Coins/tokens are used to implement changes between states. When somebody does a transaction, this is a change of state, and coins are moved from one address to another. Apart from that, transactions can contain additional data, and a change of state is used to mutate data—the only way to do this is in an immutable-by-definition blockchain. Technically, a blockchain doesn't need coins for its essential operations, but without them, some other way needs to be introduced to manage states of the chain and to verify transactions.
When a new node boots up, it doesn't know anything about the network, because there is no central server. Usually, developers provide a list of trusted nodes written directly into the code that can be used for initial peer discovery.
Every full node on the network does block verification. When a new block is announced, every node that receives it does a list of checks. The two most important checks are proof of work (if a block provides enough work to be included in the chain) and of the validity of all transactions (each transaction must be valid).
A scriptPubKey is a so-called "locking script." It's found in transaction output and is the encumbrance that must be fulfilled to spend the output. P2SH is a special type of address where the complex locking script is replaced with its hash. When a transaction attempting to spend the output is presented later, it must contain the script that matches the hash, in addition to the unlocking script.
A trapdoor function is a function that is easy to compute in one direction but difficult to compute in the opposite direction unless you have special information. Trapdoor functions are essential for public-key encryption—that's why they are commonly used in blockchain development to represent the ideas of addresses and private keys.

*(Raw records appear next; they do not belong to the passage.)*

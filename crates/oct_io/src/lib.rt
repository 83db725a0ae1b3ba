//! Bytes in, bytes out, files by name, and how a run over them ends.
//!
//! A program that turns bytes into bytes is written against three traits: a [`Source`] is read, a
//! [`Sink`] is written, and a [`Store`] keeps files by name. Each may tell in its contracts what it
//! holds, as those in memory do, and counts its faults in any case, so that a caller can be held to
//! blame a fault only where there was one.
//!
//! ```text
//! let mut source = MemorySource::new(FileBytes::from_slice(alloc, b"hit 0 0 0\n")?, 4096);
//! let mut sink = MemorySink::new(alloc, 4096);
//! let mut buffer = [0; 64];
//! let count = source.read(&mut buffer)?;                             // 10
//! write_all(&mut sink, &buffer[..count])?;                           // b"hit 0 0 0\n" is written
//! ```
//!
//! What the contracts promise:
//!
//! - [`Source::read`] moves the next bytes to the front of a buffer. It answers 0 for a buffer that
//!   isn't empty exactly at the end of the input.
//! - [`Sink::write`] takes bytes from the front of a piece, at least one where there is one.
//!   [`write_all`] writes the whole piece, and after an error a prefix of it was written.
//! - [`Gather`] holds up to 4,096 bytes on their way to a sink, and hands it whole pieces.
//! - [`read_piece`] reads once, and asks for at most one byte more than the input may still have.
//! - [`Store::save`] sets the bytes of one name and touches no other. [`Store::load`] gives them
//!   back, or says that there is no such file, or that it has more than `2^30` bytes.
//! - `Failed` raises the count of faults by one, or leaves it at `2^64 - 1`, where it stays; no
//!   other answer changes it. So who calls again after a fault is found out by the count. A write
//!   that runs out of memory raises the sink's count of shortages in the same way.
//! - A source may count how often its end was met, and a store how often it was asked, so that a
//!   caller can be held to meeting the end once, and to asking for a file once. The counts of a
//!   caller are stated as records of `specs/Counts.antt`.
//! - A save that runs out of memory leaves all files as they were.
//! - What a store tells of its files are bytes, each below 256 (`tells_bytes`).
//!
//! [`StdSource`], [`StdSink`] and [`FolderStore`] are the edge to the system: a few lines each over
//! a reader, a writer and the files of the current folder. What the system does is told by no
//! contract, so of these it is proved that they are safe, count their faults, pass on what a reader
//! or writer of std tells, and that an error of opening counts as a missing file exactly where it
//! says so (`unopened`). That a load opens the file and gives its bytes is tested.
//! [`MemorySource`], [`MemorySink`] and [`MemoryStore`] live in memory, tell all that they hold and
//! never fault; the proofs about whole programs run on them.
//!
//! Everything that the program does ends with a [`Status`]: all was done, something was
//! refused, or a fault came first. [`status_written`] answers that of a task whose text goes to
//! a sink, and a [`Stop`] is why a session stops before its script has ended. The definitions
//! say what holds beside a status, whatever was to be done: what a task writes, and what a run
//! leaves, files among it (`Answer`); a count of faults rises by one exactly where the status
//! names the fault (`FaultCounts`); which statuses come with the whole answer (`Whole`); the
//! status of a stop (`Stops`); a store, as a run uses it (`Shelf`).
//!
//! [`FileBytes`] is a list of bytes. The definitions that contracts cite are in `specs/`: `Told`
//! for the bytes and the counts, `Files` for files by name, `Loaded` for the answers of a load.
//! Laws of appending are in `proofs/Appending.antt`.
//!
//! The files of maps (`oct_bt`, `oct_snap`, `oct_export`), the generator of scripts,
//! sessions and the program stand on this crate.
//!
//! # For tests
//!
//! [`FailingSource`], [`FailingSink`] and [`FailingStore`] are forms in memory whose calls of some
//! numbers, counted from 1 on ([`KeptList`]), fail: a test that lets call 1, 2, 3 and so on fail
//! sees what each fault leaves. `specs/Failing.antt` says which calls these are.

#![tactic(auto)]

mod calls;
mod failing_sink;
mod failing_source;
mod failing_store;
mod file_bytes;
mod folder_store;
mod gather;
mod memory_sink;
mod memory_source;
mod memory_store;
mod piece;
mod sink;
mod source;
mod status;
mod std_sink;
mod std_source;
mod stop;
mod store;

pub use calls::KeptList;
pub use failing_sink::FailingSink;
pub use failing_source::FailingSource;
pub use failing_store::FailingStore;
pub use file_bytes::FileBytes;
pub use folder_store::FolderStore;
pub use gather::Gather;
pub use memory_sink::MemorySink;
pub use memory_source::MemorySource;
pub use memory_store::MemoryStore;
pub use piece::read_piece;
pub use sink::{Sink, SinkFault, write_all};
pub use source::{Failed, Source};
pub use status::{Status, status_written};
pub use std_sink::StdSink;
pub use std_source::StdSource;
pub use stop::Stop;
pub use store::{LARGEST_FILE, Loaded, Store, StoreFault};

Mining is the process of reaching consensus in blockchain networks. Mining serves two purposes. First, it creates new coins in a generated block. Second, it includes transactions in a distributed ledger by providing proof of work to the network; that is, proof that the generated block is valid.
Blocks in the ledger are included in such a way as to build the longest chain, i.e., the chain with the greatest cumulative difficulty. Forking is a situation where there are two candidate blocks competing to form the longest blockchain and two miners discover a solution to the proof-of-work problem within a short period of time from each other. The network is then divided because some nodes get blocks from miner #1 and some from miner #2. A fork usually gets resolved in one block, because the probability that this situation happens again gets extremely lower with the next blocks that arise, so soon there is a new longest chain that will be considered as main.
Banking ledgers are used to ensure that the transactions can take place correctly. That's why they trace and timestamp transactions. The significant difference between a banking ledger and a blockchain is how they are governed. The blockchain is decentralized in nature; however, banking ledgers are completely centralized as banks govern them.
A Federated blockchain is a blockchain that is run by a group. This makes them faster and more scalable as the group dedicates the validation of the transactions. To get started, pre-selected nodes are made by leaders. These nodes dictate both the transactions and also the persons that can participate in the blockchain. Examples include EWF, R3, etc.